━━ DATASET EXTRACT ━━

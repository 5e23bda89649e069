//! The commit of a record.

ghost use Rattle.std.specs.Prelude.{◌≡◌, ◌≢◌, ◌⊎◌, ◌∷◌, [], ◌++◌, ℕ, List, Some, false, true, OnOk, IfErr, MatchResult};
ghost use Rattle.std.specs.List.{AllByRecursion};
ghost use Rattle.afl_outside.specs.Disk.{DiskGoesOn, FailsWithCause};
ghost use Rattle.page_chain.specs.Opens.{OpensAs};
ghost use Rattle.page_chain.specs.Places.{IsNone};
ghost use Rattle.page_chain.specs.Standing.{IsClosed, IsDurable, IsTarget};
ghost use Rattle.page_chain.specs.Steps.{emptied, with_record};
ghost use Rattle.page_chain.specs.declared.slots.slots.slots.Target.TheVariants as targets;
ghost use Rattle.page_chain.specs.declared.slots.slots.slots.NextEntry.TheVariants as entries;
ghost use Rattle.page_file.specs.Written.{MayWrite};
ghost use Rattle.page_file.specs.Commits.{record_of, commit_pages, IsBlobSized, IsChainSized, HoldsAll};
ghost use Rattle.page_file.specs.Moments.{AddsRecord, HasRecord, IsKnown, LeavesOne, PassesBy, Rereads, StaysKnown, StopsRecord};
ghost use Rattle.page_file.specs.Inner.Going.{Goes};

use crate::PageFile;
use crate::commits::pages::{close, write_pages};
use crate::commits::{Placed, Stopped};
use afl_outside::{Disk, Failed};

/// Writes the pages and the body of the entry.
fn fill_record<D: Disk>(
    file: &mut PageFile<D>,
    blobs: &[Placed],
    chain: &Placed,
) -> Result<(), Failed>
    requires target { file.old.slots.target ≡ targets.Record }
    requires there { IsTarget file.old.slots }
    requires closed { IsClosed file.old.slots }
    requires free { MayWrite (commit_pages blobs.now chain.now) file.old.slots }
    requires sized { AllByRecursion IsBlobSized blobs.now }
    requires chain { IsChainSized chain.now }
    ensures slots { MatchResult result
        (λ _. file.new.slots
        ≡ record (emptied file.old.slots) { next = entries.Written (record_of chain.now); zeroed = file.new.slots.zeroed })
        (λ _. file.new.slots
        ≡ record (emptied file.old.slots) { next = entries.Closed; doubtful = file.new.slots.doubtful; zeroed = file.new.slots.zeroed }) }
    ensures known { StaysKnown file.old.slots file.new.slots (D.moment file.old.disk) (D.moment file.new.disk) }
    ensures goes { (seen : List ℕ) → IsKnown file.old.slots seen (D.moment file.old.disk)
        → Goes (file.old.slots.current.root.log ∷ commit_pages blobs.now chain.now)
        (OpensAs file.old.slots.current file.old.slots.records) (D.moment file.old.disk) (D.moment file.new.disk) }
    ensures holds { OnOk result ((seen : List ℕ) → IsKnown file.old.slots seen (D.moment file.old.disk)
        → (c : List ℕ) → (D.moment file.new.disk).may_leave c → HoldsAll c blobs.now chain.now) }
    ensures seen { Rereads (file.old.slots.current.root.log ∷ commit_pages blobs.now chain.now) file.old.slots
        (D.moment file.old.disk) (D.moment file.new.disk) }
    ensures same { DiskGoesOn (D.moment file.old.disk).state (D.moment file.new.disk).state }
    ensures cause { FailsWithCause result (D.moment file.old.disk) (D.moment file.new.disk) }
{
    match write_pages(file, blobs, chain) {
        Ok(()) => match file.write_record(chain.record()) {
            Ok(()) => Ok(()),
            Err(Failed) => Err(Failed),
        },
        Err(Failed) => Err(Failed),
    }
}

/// Opens the entry.
fn open_record<D: Disk>(
    file: &mut PageFile<D>,
    blobs: &[Placed],
    chain: &Placed,
) -> Result<(), Failed>
    requires target { file.old.slots.target ≡ targets.Record }
    requires there { IsTarget file.old.slots }
    requires sure { file.old.slots.doubtful ≡ false }
    requires written { file.old.slots.next ≡ entries.Written (record_of chain.now) }
    requires apart { IsNone (commit_pages blobs.now chain.now) file.old.slots.current.root.log }
    ensures slots { MatchResult result
        (λ _. file.new.slots ≡ with_record (record_of chain.now) file.old.slots)
        (λ _. file.new.slots ≡ record (file.old.slots) { next = entries.Opening (record_of chain.now); doubtful = true }) }
    ensures known { StaysKnown file.old.slots file.new.slots (D.moment file.old.disk) (D.moment file.new.disk) }
    ensures goes { (seen : List ℕ) → IsKnown file.old.slots seen (D.moment file.old.disk)
        → ((d : List ℕ) → (D.moment file.old.disk).may_leave d → HoldsAll d blobs.now chain.now)
        → Goes (file.old.slots.current.root.log ∷ [])
        (λ c. OpensAs file.old.slots.current file.old.slots.records c ⊎ HasRecord file.old.slots blobs.now chain.now c)
        (D.moment file.old.disk) (D.moment file.new.disk) }
    ensures done { OnOk result ((seen : List ℕ) → IsKnown file.old.slots seen (D.moment file.old.disk)
        → ((d : List ℕ) → (D.moment file.old.disk).may_leave d → HoldsAll d blobs.now chain.now)
        → (c : List ℕ) → (D.moment file.new.disk).may_leave c → HasRecord file.old.slots blobs.now chain.now c) }
    ensures durable { OnOk result (IsDurable (D.moment file.old.disk) (D.moment file.new.disk)) }
    ensures seen { Rereads (file.old.slots.current.root.log ∷ []) file.old.slots (D.moment file.old.disk) (D.moment file.new.disk) }
    ensures same { DiskGoesOn (D.moment file.old.disk).state (D.moment file.new.disk).state }
    ensures cause { FailsWithCause result (D.moment file.old.disk) (D.moment file.new.disk) }
{
    match file.open_slot() {
        Ok(()) => Ok(()),
        Err(Failed) => Err(Failed),
    }
}

/// Commits a record, whose bytes are the chain's: closes the next entry of the log, writes the blobs, the chain and the entry's body, and
/// opens the entry.
pub fn commit_record<D: Disk>(
    file: &mut PageFile<D>,
    blobs: &[Placed],
    chain: &Placed,
) -> Result<(), Stopped>
    requires target { file.old.slots.target ≡ targets.Record }
    requires there { IsTarget file.old.slots }
    requires free { MayWrite (commit_pages blobs.now chain.now) file.old.slots }
    requires sized { AllByRecursion IsBlobSized blobs.now }
    requires chain { IsChainSized chain.now }
    ensures done { OnOk result (AddsRecord file.old.slots file.new.slots blobs.now chain.now (D.moment file.old.disk) (D.moment file.new.disk)) }
    ensures failed { IfErr result (λ stage. StopsRecord stage file.old.slots file.new.slots blobs.now chain.now
        (D.moment file.old.disk) (D.moment file.new.disk)) }
    ensures known { StaysKnown file.old.slots file.new.slots (D.moment file.old.disk) (D.moment file.new.disk) }
    ensures during { PassesBy file.old.slots.current.root.log (commit_pages blobs.now chain.now) file.old.slots
        (HasRecord file.old.slots blobs.now chain.now) (D.moment file.old.disk) (D.moment file.new.disk) }
    ensures durable { OnOk result (LeavesOne file.old.slots (D.moment file.old.disk) (D.moment file.new.disk)) }
    ensures seen { Rereads (file.old.slots.current.root.log ∷ commit_pages blobs.now chain.now) file.old.slots
        (D.moment file.old.disk) (D.moment file.new.disk) }
    ensures same { DiskGoesOn (D.moment file.old.disk).state (D.moment file.new.disk).state }
    ensures cause { FailsWithCause result (D.moment file.old.disk) (D.moment file.new.disk) }
{
    match close(file) {
        Ok(()) => match fill_record(file, blobs, chain) {
            Ok(()) => match open_record(file, blobs, chain) {
                Ok(()) => Ok(()),
                Err(Failed) => Err(Stopped::Opening),
            },
            Err(Failed) => Err(Stopped::Filling),
        },
        Err(Failed) => Err(Stopped::Closing),
    }
}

━━━

▸ TASK REQUIREMENTS: Copy only the lines in the listing that contain "seen".

▸ SOLUTION BELOW:
    ensures goes { (seen : List ℕ) → IsKnown file.old.slots seen (D.moment file.old.disk)
    ensures holds { OnOk result ((seen : List ℕ) → IsKnown file.old.slots seen (D.moment file.old.disk)
    ensures seen { Rereads (file.old.slots.current.root.log ∷ commit_pages blobs.now chain.now) file.old.slots
    ensures goes { (seen : List ℕ) → IsKnown file.old.slots seen (D.moment file.old.disk)
    ensures done { OnOk result ((seen : List ℕ) → IsKnown file.old.slots seen (D.moment file.old.disk)
    ensures seen { Rereads (file.old.slots.current.root.log ∷ []) file.old.slots (D.moment file.old.disk) (D.moment file.new.disk) }
    ensures seen { Rereads (file.old.slots.current.root.log ∷ commit_pages blobs.now chain.now) file.old.slots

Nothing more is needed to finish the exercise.